Each of the OpenStack networks are defined as 802.1Q VLANs, each containing one /20 subnet. The VLAN IDs (VIDs, also called VLAN tags) match the second octet of their subnets’ CIDR ranges:
- public: 10.50.0.0/20 (VID: 50)
- internal: 10.100.0.0/20 (VID:100)
- admin: 10.150.0.0/20 (VID:150)
- storage (for client data): 10.200.0.0/20 (VID:200)
- compute (for guest VM data): 10.250.0.0/20 (VID:250)
- external (for guest VM outbound): 10.99.0.0/20 (VID:99)
- cluster (for storage replication): 10.30.0.0/20 (VID:30)
Additionally, the subnet used to PXE boot nodes is defined as 10.14.0.0/20 and is not tagged with a VLAN ID. All of the subnets span both zones.

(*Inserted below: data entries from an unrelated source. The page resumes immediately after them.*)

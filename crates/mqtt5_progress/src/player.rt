//! A whole run of a world, to its end.

ghost use Rattle.std.specs.Prelude.{◌≡◌, ◌<◌, ◌≤◌, ◌+◌, ◌*◌, IfOk, IfErr, OnOk, drop};
ghost use Rattle.mqtt5_base.specs.declared.quality.QoS.TheVariants.{AtMostOnce, AtLeastOnce, ExactlyOnce};
ghost use Rattle.mqtt5_publish.specs.declared.publish.Publish.{Publish};
ghost use Rattle.mqtt5_world.specs.World.{start, run_world, losses};
ghost use Rattle.mqtt5_world.specs.Delivery.{times};
ghost use Rattle.mqtt5_world.specs.Happens.{Happens, IsReport};
ghost use Rattle.mqtt5_progress.specs.Progress.{IsIdle, Settled, upward, downward, round, settle};

use mqtt5_session::StateError;
use mqtt5_world::{Report, World, WorldEvent};
use std::alloc::Global;

/// Plays events as `play` does, and then four rounds in which all that is on its way up arrives, and then all that is on
/// its way down. `limit`, at least 1, is the greatest id. S12.
pub fn play_out(alloc: Global, limit: u16, events: &[WorldEvent]) -> Result<Report, StateError>
    requires { 0 < limit }
    // All is the world's after the events and the rounds; nothing is accepted or refused in these.
    ensures handed { IfOk result (λ r. r.handed.items
        ≡ (settle 4 (run_world events.now (start limit))).broker.handed) }
    ensures accepted { IfOk result (λ r. r.accepted.items
        ≡ (run_world events.now (start limit)).accepted) }
    ensures refused { IfOk result (λ r. r.refused.items
        ≡ (run_world events.now (start limit)).refused) }
    ensures state { IfOk result (λ r. r.state
        ≡ (settle 4 (run_world events.now (start limit))).session) }
    ensures memory { IfErr result (λ e. e ≡ StateError.OutOfMemory) }
    // Nothing is on its way, the broker awaits no release, and no packet from it and no resume was refused.
    ensures nothing_left { IfOk result (λ _.
        Settled (settle 4 (run_world events.now (start limit)))) }
    // No id is in use, and nothing waits.
    ensures settled { IfOk result (λ r. IsIdle r.state.core) }
    // A content of QoS 2 was handed on exactly as often as it was accepted.
    ensures exactly_once { IfOk result (λ r. (c : Publish) → c.qos ≡ ExactlyOnce
        → times c r.handed.items ≡ times c r.accepted.items) }
    // One of QoS 1 at least as often, and at most once more for each loss.
    ensures at_least_once { IfOk result (λ r. (c : Publish) → c.qos ≡ AtLeastOnce
        → times c r.accepted.items ≤ times c r.handed.items) }
    ensures for_each_loss { IfOk result (λ r. (c : Publish) → c.qos ≡ AtLeastOnce
        → times c r.handed.items ≤ (losses events.now + 1) * times c r.accepted.items) }
    // One of QoS 0 at most as often.
    ensures at_most_once { IfOk result (λ r. (c : Publish) → c.qos ≡ AtMostOnce
        → times c r.handed.items ≤ times c r.accepted.items) }
    // Without a loss each exactly as often.
    ensures without_loss { IfOk result (λ r. (c : Publish) → losses events.now ≡ 0
        → times c r.handed.items ≡ times c r.accepted.items) }
{
    played_out(alloc, limit, events)
}

fn played_out(alloc: Global, limit: u16, events: &[WorldEvent]) -> Result<Report, StateError>
    requires { 0 < limit }
    ensures ok { IfOk result (λ r. IsReport r (settle 4 (run_world events.now (start limit)))) }
    ensures err { IfErr result (λ e. e ≡ StateError.OutOfMemory) }
{
    let mut world = World::new(alloc, limit)?;
    if let Err(fault) = world.play_all(alloc, events) {
        drop(world);
        return Err(fault);
    }
    if let Err(fault) = go_rounds(alloc, &mut world) {
        drop(world);
        return Err(fault);
    }
    Ok(world.report())
}

/// Four rounds, which leave nothing to do.
fn go_rounds(alloc: Global, world: &mut World) -> Result<(), StateError>
    ensures { Happens result world.new (settle 4 world.old) }
{
    for _ in 0..4_usize {
        go_round(alloc, world)?;
    }
    Ok(())
}

/// All that is on its way up arrives, and then all that is on its way down.
fn go_round(alloc: Global, world: &mut World) -> Result<(), StateError>
    ensures { Happens result world.new (round world.old) }
{
    all_up(alloc, world)?;
    all_down(alloc, world)
}

fn all_up(alloc: Global, world: &mut World) -> Result<(), StateError>
    ensures { Happens result world.new (upward world.old) }
{
    for _ in 0..world.packets_up() {
        world.play(alloc, &WorldEvent::Up)?;
    }
    Ok(())
}

fn all_down(alloc: Global, world: &mut World) -> Result<(), StateError>
    ensures { Happens result world.new (downward world.old) }
{
    for _ in 0..world.packets_down() {
        world.play(alloc, &WorldEvent::Down)?;
    }
    Ok(())
}
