//! What is left to do in a world, and that all is handed on in the end.
#![tactic(auto)]

mod late;
mod laws;
mod player;
mod subscribers;

pub use late::{LateBroker, late_delivery_law, late_law, late_progress_law};
pub use laws::{any_order_law, progress_law};
pub use player::play_out;
pub use subscribers::{reaches, received, subscribers_law};
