//! What a broker hands on to a subscriber, by its topic filters.

ghost use Rattle.std.specs.Prelude.{◌≡◌, ◌≤◌, ℕ, true, false, List, IfOk, if◌then◌else◌};
ghost use Rattle.mqtt5_base.specs.declared.quality.QoS.TheVariants.{AtLeastOnce, ExactlyOnce};
ghost use Rattle.std.specs.List.{list_any};
ghost use Rattle.mqtt5_base.specs.Texts.{Utf8};
ghost use Rattle.mqtt5_base.specs.Topics.{topic_matches};
ghost use Rattle.mqtt5_publish.specs.declared.publish.Publish.{Publish};
ghost use Rattle.mqtt5_world.specs.declared.event.WorldEvent.{WorldEvent};
ghost use Rattle.mqtt5_world.specs.World.{start, run_world};
ghost use Rattle.mqtt5_world.specs.Delivery.{times};
ghost use Rattle.mqtt5_progress.specs.Progress.{settle};
ghost use Rattle.mqtt5_progress.specs.Late.{run_late, settle_late, start_late};
ghost use Rattle.mqtt5_progress.specs.Subscribers.{hits, received};

use mqtt5_base::{Text, copied, matches};
use mqtt5_publish::Publish;
use std::alloc::{AllocError, Global};

/// Whether a publish reaches a subscriber with these filters: its topic is text and matches one of them (MQTT 5.0 section
/// 4.7). Takes no memory.
pub fn reaches(filters: &[Text], publish: &Publish) -> bool
    ensures { result ≡ hits filters.now publish.now }
{
    match std::str::from_utf8(publish.topic.as_slice()) {
        Ok(topic) => any_matches(filters, topic),
        Err(_) => false,
    }
}

/// Whether a topic matches one of these filters.
fn any_matches(filters: &[Text], topic: &str) -> bool
    ensures { result ≡ list_any (λ f. topic_matches topic.now f.bytes) filters.now }
{
    filters.iter().any(|filter| matches(topic, filter.as_str()))
}

/// What reaches a subscriber with these filters of the publishes that are handed on: in order, and each once, however many
/// of the filters it matches (MQTT 5.0 section 3.3.4). Err where memory is refused.
pub fn received(
    alloc: Global,
    filters: &[Text],
    handed: &[Publish],
) -> Result<Vec<Publish>, AllocError>
    ensures { IfOk result (λ ps. ps.items ≡ received filters.now handed.now) }
{
    let mut received = Vec::new(alloc);
    for publish in handed {
        if reaches(filters, publish) {
            received.push(copied(publish)?)?;
        }
    }
    Ok(received)
}

/// A law, which does nothing when it is called: how often the publishes of a content reach a subscriber.
pub fn subscribers_law()
    // All that were handed on, where a filter matches the content's topic, and else none.
    ensures reach { (filters : List Utf8) (c : Publish) (handed : List Publish)
        → times c (received filters handed) ≡ (if hits filters c then times c handed else 0) }
    ensures no_other { (filters : List Utf8) (c : Publish) (handed : List Publish)
        → hits filters c ≡ false → times c (received filters handed) ≡ 0 }
    // So after four rounds of deliveries, of QoS 2 exactly those that were accepted, and of QoS 1 at least those.
    ensures exactly_once { (filters : List Utf8) (limit : ℕ) (events : List WorldEvent)
        (c : Publish) → hits filters c ≡ true → c.qos ≡ ExactlyOnce
        → times c (received filters (settle 4 (run_world events (start limit))).broker.handed)
        ≡ times c (run_world events (start limit)).accepted }
    ensures at_least_once { (filters : List Utf8) (limit : ℕ) (events : List WorldEvent)
        (c : Publish) → hits filters c ≡ true → c.qos ≡ AtLeastOnce
        → times c (run_world events (start limit)).accepted
        ≤ times c (received filters (settle 4 (run_world events (start limit))).broker.handed) }
    // And so from a broker that hands on at the release.
    ensures late_exactly_once { (filters : List Utf8) (limit : ℕ) (events : List WorldEvent)
        (c : Publish) → hits filters c ≡ true → c.qos ≡ ExactlyOnce
        → times c
        (received filters (settle_late 4 (run_late events (start_late limit))).broker.handed)
        ≡ times c (run_late events (start_late limit)).around.accepted }
    ensures late_at_least_once { (filters : List Utf8) (limit : ℕ) (events : List WorldEvent)
        (c : Publish) → hits filters c ≡ true → c.qos ≡ AtLeastOnce
        → times c (run_late events (start_late limit)).around.accepted
        ≤ times c
        (received filters (settle_late 4 (run_late events (start_late limit))).broker.handed) }
{}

Both switches are managed (a.k.a. “smart”), have hardware support for VLANs, and have all of the above VLANs configured. Ports 1 and 6 can carry both tagged and untagged VLAN traffic – either to MAAS or to the other switch, so MAAS can “see” all traffic in both zones, regardless of which VLANs it belongs to. VLANs 50, 100, 150, and 0 (default, untagged) packets are accepted on ports 2 and 4 of each switch, while VLANs 200, 250, 99, and 30, are accepted on ports 3 and 5.
Next Steps: MAAS Setup
In the next blog post I’ll describe how the above physical network layout can be modeled in MAAS 1.9 with spaces, subnets, VLANs, and fabrics. Then, I’ll describe how I configured these components to implement that setup: 4x Intel NUCs (DC53427HYE) with 2 interfaces each (1x Gb on-board, 1x using usb2ethernet adapter), 24-port TP-LINK smart switch (TL-SG1024DE), 8-port D-Link smart switch (DGS-1100-08), of course a bunch of UTP cables and nice pictures.